曹洞宗は、本年度も信仰生活の実践を「同事行」と定めました。
『修証義』に、「海の水を辞せざるは同事なり、このゆえに、よく水あつまりて海となるなり」との教えがあります。海はいかなる水もこばみません。こばまぬことが同事であり、同事なるがゆえに大海となるのです。
「同事」は、苦しさや悲しさを共感し合える「同苦・同悲」の心、理解と協調の世界を指し示しております。
人は皆、幸せを望みながら、民族や宗教、様々な立場の違いによって悲しい争いを続けています。しかし、こばみ合い争い合う憎しみの連鎖は、決して幸せをもたらしません。関わり合いの上に成り立っている世界は、理解し協調し合うことでしか一つになれないのです。
世は正に混迷の時代です。
宗門の信仰に生きる私たちは、人と人、国と国、人と自然との関わりを、この「同事」の実践に見出そうではありませんか。

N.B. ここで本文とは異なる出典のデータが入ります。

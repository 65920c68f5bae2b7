use voy_tables::{Change, Spot};

/// A change as a recording has it.
#[derive(Debug, Drop)]
pub struct Recorded {
    /// Where it stands in the recorded stream.
    pub spot: Spot,
    pub change: Change,
}
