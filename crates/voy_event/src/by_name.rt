ghost use Rattle.std.specs.Prelude.{◌≡◌, true, IfOk, OnOk};
ghost use Rattle.voy_schema.specs.Lawful.{is_lawful_table};
ghost use Rattle.voy_event.specs.ByName.{key_order, name_at, row_order, with_place, with_places};

use std::alloc::{AllocError, Global};
use std::cmp::Ordering;
use voy_schema::{Column, Places, Table};

/// The places of a table's columns by ascending name, as a line has them: of the whole row, and of the key.
#[derive(Drop)]
pub(crate) struct Order {
    pub(crate) row: Places,
    pub(crate) key: Places,
}

impl Order {
    pub(crate) fn of(alloc: Global, table: &Table) -> Result<Order, AllocError>
        requires { is_lawful_table table.now ≡ true }
        ensures row { IfOk result (λ order. order.row ≡ row_order table.now) }
        ensures key { IfOk result (λ order. order.key ≡ key_order table.now) }
    {
        let row = row_order(alloc, table)?;
        let key = key_order(alloc, table)?;
        Ok(Order { row, key })
    }
}

fn row_order(alloc: Global, table: &Table) -> Result<Places, AllocError>
    requires { is_lawful_table table.now ≡ true }
    ensures { IfOk result (λ order. order ≡ row_order table.now) }
{
    let columns = table.columns.as_slice();
    let mut order = Places::with_capacity(alloc, columns.len())?;
    for place in 0..columns.len() {
        put_place(columns, place as u32, &mut order)?;
    }
    Ok(order)
}

fn key_order(alloc: Global, table: &Table) -> Result<Places, AllocError>
    ensures { IfOk result (λ order. order ≡ key_order table.now) }
{
    let places = table.primary_key.as_slice();
    let mut order = Places::with_capacity(alloc, places.len())?;
    for place in places {
        put_place(table.columns.as_slice(), *place, &mut order)?;
    }
    Ok(order)
}

/// Puts the place among places whose columns ascend by name.
fn put_place(columns: &[Column], place: u32, order: &mut Places) -> Result<(), AllocError>
    ensures { OnOk result (order.new ≡ with_place columns.now place order.old) }
{
    let name = name_at(columns, place);
    for at in 0..order.len() {
        let there = order.as_slice()[at];
        match name.cmp(name_at(columns, there)) {
            Ordering::Less => return order.insert(at, place),
            Ordering::Equal => {
                order.replace(at, place);
                return Ok(());
            }
            Ordering::Greater => {}
        }
    }
    order.push(place)
}

/// The name of the column at this place.
pub(crate) fn name_at(columns: &[Column], place: u32) -> &str
    ensures { result.now ≡ name_at columns.now place }
{
    match columns.get(place as usize) {
        Some(column) => column.name.as_str(),
        None => "",
    }
}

「同事」は、この世の全てが、授かった命を共に喜び合える、心おだやかなる世界、ひかり輝く大海を実現する仏の道であります。
殺すことなかれ 殺させることなかれ
差別することなかれ 差別をゆるすことなかれ
美しき地球と未来を 子どもたちに
この願楽(がんぎょう)の実践は、「人権・平和・環境」の諸問題を解決する確かな歩みであります。今日ただ今から一歩を進めてまいりましょう。